Agreed. Excellent addition to the wank-bank.


----------



## El Mariachi (Jun 22, 2008)

Wow, there's some serious psychological issues going on there....


----------



## Reported (Apr 2, 2011)

Lord Sven Kittyclaw said:


> Agreed. Excellent addition to the wank-bank.


You serious? :shok:


----------



## eyescrossed (Mar 31, 2011)

Eh, I don't judge. People get off to some pretty weird shit.


----------



## the-ad-man (Jan 22, 2010)

i just blew my load everywhere.....


----------



## Lord Sven Kittyclaw (Mar 23, 2009)

Reported said:


> You serious? :shok:


Of course I am serious. Couldn't you tell how serious I was? I thought it my post was layered in it.


----------



## Sworn Radical (Mar 10, 2011)

*Gawds *... !!! Well, I meant ... *Emperor ! * ... of course ..
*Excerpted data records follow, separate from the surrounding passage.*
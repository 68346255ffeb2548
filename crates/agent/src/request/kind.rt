//! The first byte of a request.

ghost use Rattle.agent.specs.Requests.{kind_from};

use crate::kind::Kind;
use crate::numbers::{
    ADD_ID_CONSTRAINED, ADD_IDENTITY, LOCK, REMOVE_ALL_IDENTITIES, REMOVE_IDENTITY,
    REQUEST_IDENTITIES, SIGN_REQUEST, UNLOCK,
};
use ssh_key::{Error, Result};

/// Which request it is (draft-miller-ssh-agent, section 5.1).
pub(crate) enum RequestKind {
    /// `SSH_AGENTC_REQUEST_IDENTITIES`.
    RequestIdentities,
    /// `SSH_AGENTC_SIGN_REQUEST`.
    SignRequest,
    /// `SSH_AGENTC_ADD_IDENTITY`.
    AddIdentity,
    /// `SSH_AGENTC_REMOVE_IDENTITY`.
    RemoveIdentity,
    /// `SSH_AGENTC_REMOVE_ALL_IDENTITIES`.
    RemoveAllIdentities,
    /// `SSH_AGENTC_LOCK`.
    Lock,
    /// `SSH_AGENTC_UNLOCK`.
    Unlock,
    /// `SSH_AGENTC_ADD_ID_CONSTRAINED`.
    AddIdentityConstrained,
}

/// The request of that number. Fails with `FormatEncoding` where it has none.
impl Kind for RequestKind {
    ghost kind_from = { kind_from };

    fn from_number(number: u8) -> Result<RequestKind> {
        match number {
            REQUEST_IDENTITIES => Ok(RequestKind::RequestIdentities),
            SIGN_REQUEST => Ok(RequestKind::SignRequest),
            ADD_IDENTITY => Ok(RequestKind::AddIdentity),
            REMOVE_IDENTITY => Ok(RequestKind::RemoveIdentity),
            REMOVE_ALL_IDENTITIES => Ok(RequestKind::RemoveAllIdentities),
            LOCK => Ok(RequestKind::Lock),
            UNLOCK => Ok(RequestKind::Unlock),
            ADD_ID_CONSTRAINED => Ok(RequestKind::AddIdentityConstrained),
            _ => Err(Error::FormatEncoding),
        }
    }
}
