//! The kinds of public keys, and the points that they are made of.
#![tactic(auto)]

mod dsa;
mod ec_point;
mod ecdsa;
mod ed25519;
pub mod laws;
mod opaque;
mod point_string;
mod rsa;
mod sk;

pub use dsa::DsaPublicKey;
pub use ec_point::{
    EcPoint, EcdsaNistP256PublicKey, EcdsaNistP384PublicKey, EcdsaNistP521PublicKey,
    P256_POINT_LEN, P521_POINT_LEN,
};
pub use ecdsa::EcdsaPublicKey;
pub use ed25519::Ed25519PublicKey;
pub use opaque::{OpaquePublicKey, OpaquePublicKeyBytes};
pub use rsa::RsaPublicKey;
pub use sk::{SkEcdsaSha2NistP256, SkEd25519};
I'm not going to judge the artists talent, 'cause that's entirely in the eye of the so-called beholder, and I've got close to little talent myself. But ...

... it's either a 14 year old guy with a merry-go-crazy imagination, being in the midst of puberty .... or ... a 21 year old japanophile female student of sociology who never had a c**k in her life.

Now, excuse me ... I need to go and wash my eyes ... in the blood of martyrs.


----------



## TheSpore (Oct 15, 2009)

Dont judge its the same concept to having sex with your preganant wife. Oddly enuff there are many men (and women) that find that sorta thing sexy. Why I cant say but hey to each his (her) own


----------



## Reported (Apr 2, 2011)

TheSpore said:


> Dont judge its the same concept to having sex with your preganant wife. Oddly enuff there are many men (and women) that find that sorta thing sexy. Why I cant say but hey to each his (her) own


Actually,

being aroused by cartoon pregnant space marines has nothing to do with having sex with your pregnant wife. 

You are right though, it is just a fetish, and like most fetishes it is really weird to people who don't agree with it.


----------



## C'Tan Chimera (Aug 16, 2008)

Doelago said:


> .................. Thats just so wrong.


I think we agree on something for a change. :shok:

Nothing is safe from the Internet, it seems. And I thought lolicron was pushing it, too.


----------



## eyescrossed (Mar 31, 2011)

C'Tan Chimera said:


> Nothing is safe from the Internet, it seems. And I thought lolicron was pushing it, too.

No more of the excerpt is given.